WHAT TO DO
Using the listing below, print exactly everything from the line with "let mut answered = 0;" down to the line with "let text = &bytes[turn.text..turn.text_end];", both included, and nothing more.

GIVEN INFORMATION

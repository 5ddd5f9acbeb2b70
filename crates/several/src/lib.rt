// Several minicomputer frames in one lent buffer, answered in order as single calls would be.
#![tactic(auto)]

ghost use Rattle.std.specs.Prelude.{◌≡◌, ◌≤◌, length, drop};
ghost use Rattle.several.specs.Several.{SteadyLaws, several_held, steady_record};
ghost use Rattle.several.specs.Beside.{steady_banked};
ghost use Rattle.several.specs.Answers.{start_from, found_from, due_of, turn_from, several_as};

use banked::Banked;
use controller::{Called, Held};
use frame::{Addressed, ETX, Kind, LONGEST_TEXT, ROOM, STX, Silence};
use state::Record;

// ETX and its two followers.
const TRAILER: usize = 3;

// What is reported: bytes taken, frames answered and reply bytes.
#[derive(Clone, Copy)]
pub struct Report {
    pub taken: usize,
    pub answered: usize,
    pub written: usize,
}

// The report, or S1, at which nothing is taken.
pub type Answer = Result<Report, Silence>;

// What the walk rests on: replies fit, and what is held stays valid and at its address.
pub trait Steady: Held {
    ghost steady: { SteadyLaws Self.valid Self.address Self.reply_text Self.called };
}

impl Steady for Record {
    ghost steady = { steady_record };
}

impl Steady for Banked {
    ghost steady = { steady_banked };
}

// A frame that stands in the bytes: where it starts, and where it ends.
#[derive(Clone, Copy)]
struct Frame {
    start: usize,
    end: usize,
}

// Why a frame gets no answer.
#[derive(Clone, Copy)]
enum NotDue {
    // S3 to S7
    Refused,
    // S8
    OtherUnit,
    // An answer is due, for which there is no room.
    NoRoom,
}

// A frame to which an answer is due: where its text starts, where the text ends, and where the frame ends.
#[derive(Clone, Copy)]
struct Turn {
    text: usize,
    text_end: usize,
    end: usize,
}

// The place of the next STX at or after a place, or the end.
// A place within the bytes, here and in the two that call this, and no part of them: the places that are told are of the whole.
#[tactic(auto, using(crate::proofs::Seek::start_form))]
fn next_start(bytes: &[u8], from: usize) -> usize
    requires { from ≤ length bytes.now }
    ensures { result ≡ start_from from (drop from bytes.now) }
{
    let rest = &bytes[from..];
    from + rest
        .iter()
        .position(|byte| *byte == STX)
        .unwrap_or(rest.len())
}

// The next frame at or after a place; or where the walk stops: at the end, or at an STX that is not decided. The search for its ETX leaves
// the walk with the place where it stands.
fn next_frame(bytes: &[u8], from: usize) -> Result<Frame, usize>
    requires { from ≤ length bytes.now }
    ensures { result ≡ found_from from (drop from bytes.now) }
{
    let mut start = from;
    let place = 'walk: loop {
        start = next_start(bytes, start);
        if bytes.len() <= start {
            return Err(start);
        }
        'search: for at in start + 1..bytes.len() {
            if !frame::text_byte(bytes[at]) {
                if bytes[at] == ETX {
                    break 'walk at;
                }
                // a break
                start += 1;
                continue 'walk;
            }
            // so is a 61st text byte
            if LONGEST_TEXT < at - start {
                start += 1;
                continue 'walk;
            }
        }
        return Err(start);
    };
    if bytes.len() - place < TRAILER {
        return Err(start);
    }
    Ok(Frame {
        start,
        end: place + TRAILER,
    })
}

// The length of the text that starts at a frame's second byte, if an answer is due from the unit with this address, which has so much reply
// room. The room counts only where an answer is due.
#[tactic(auto, unfolding(crate::specs::Answers::due_of))]
fn due_to(address: u8, request: &[u8], room: usize) -> Result<usize, NotDue>
    ensures { result ≡ due_of address room request.now }
{
    let Ok(Addressed { unit, length }) = frame::address(Kind::Minicomputer, request) else {
        return Err(NotDue::Refused);
    };
    if unit != address {
        return Err(NotDue::OtherUnit);
    }
    if room < ROOM {
        return Err(NotDue::NoRoom);
    }
    Ok(length)
}

// The next frame at or after a place to which an answer is due, those that get none being passed; or where the walk stops: as above, or at a
// frame whose answer has no room. This is all of the walk that does not ask what is held: every entry takes its frames from here.
fn next_due(address: u8, bytes: &[u8], from: usize, room: usize) -> Result<Turn, usize>
    requires { from ≤ length bytes.now }
    ensures { result ≡ turn_from address room 0 from (drop from bytes.now) }
{
    let mut taken = from;
    // From frame to frame: where the next one may start is known only when one was read.
    loop {
        let Frame { start, end } = next_frame(bytes, taken)?;
        match due_to(address, &bytes[start..end], room) {
            Ok(length) => {
                let text = start + 1;
                return Ok(Turn {
                    text,
                    text_end: text + length,
                    end,
                });
            }
            Err(NotDue::Refused) => {
                taken = start + 1;
            }
            Err(NotDue::OtherUnit) => {
                taken = end;
            }
            Err(NotDue::NoRoom) => {
                return Err(start);
            }
        }
    }
}

// Answers all frames in the lent bytes, replies end to end.
pub fn call<H: Steady>(before: H, bytes: &[u8], out: &mut [u8]) -> Called<Answer, H>
    ensures { several_as result.answer result.after out.new ≡ several_held H.called H.valid before bytes.now out.old }
{
    if !before.is_valid() {
        return Called {
            answer: Err(Silence::InvalidRecord),
            after: before,
        };
    }
    let address = before.address();
    let mut taken = 0;
    let mut answered = 0;
    let mut written = 0;
    let mut held = before;
    loop {
        match next_due(address, bytes, taken, out.len() - written) {
            Err(place) => {
                return Called {
                    answer: Ok(Report {
                        taken: place,
                        answered,
                        written,
                    }),
                    after: held,
                };
            }
            Ok(turn) => {
                let text = &bytes[turn.text..turn.text_end];
                let replied = held.reply_to(Kind::Minicomputer, text, &mut out[written..]);
                taken = turn.end;
                // there is room, so it is no silence
                answered += 1;
                written += replied.answer.unwrap_or(0);
                if let Some(writing) = replied.effect {
                    held.carry_out(writing);
                }
            }
        }
    }
}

TASK ANSWER
    let mut answered = 0;
    let mut written = 0;
    let mut held = before;
    loop {
        match next_due(address, bytes, taken, out.len() - written) {
            Err(place) => {
                return Called {
                    answer: Ok(Report {
                        taken: place,
                        answered,
                        written,
                    }),
                    after: held,
                };
            }
            Ok(turn) => {
                let text = &bytes[turn.text..turn.text_end];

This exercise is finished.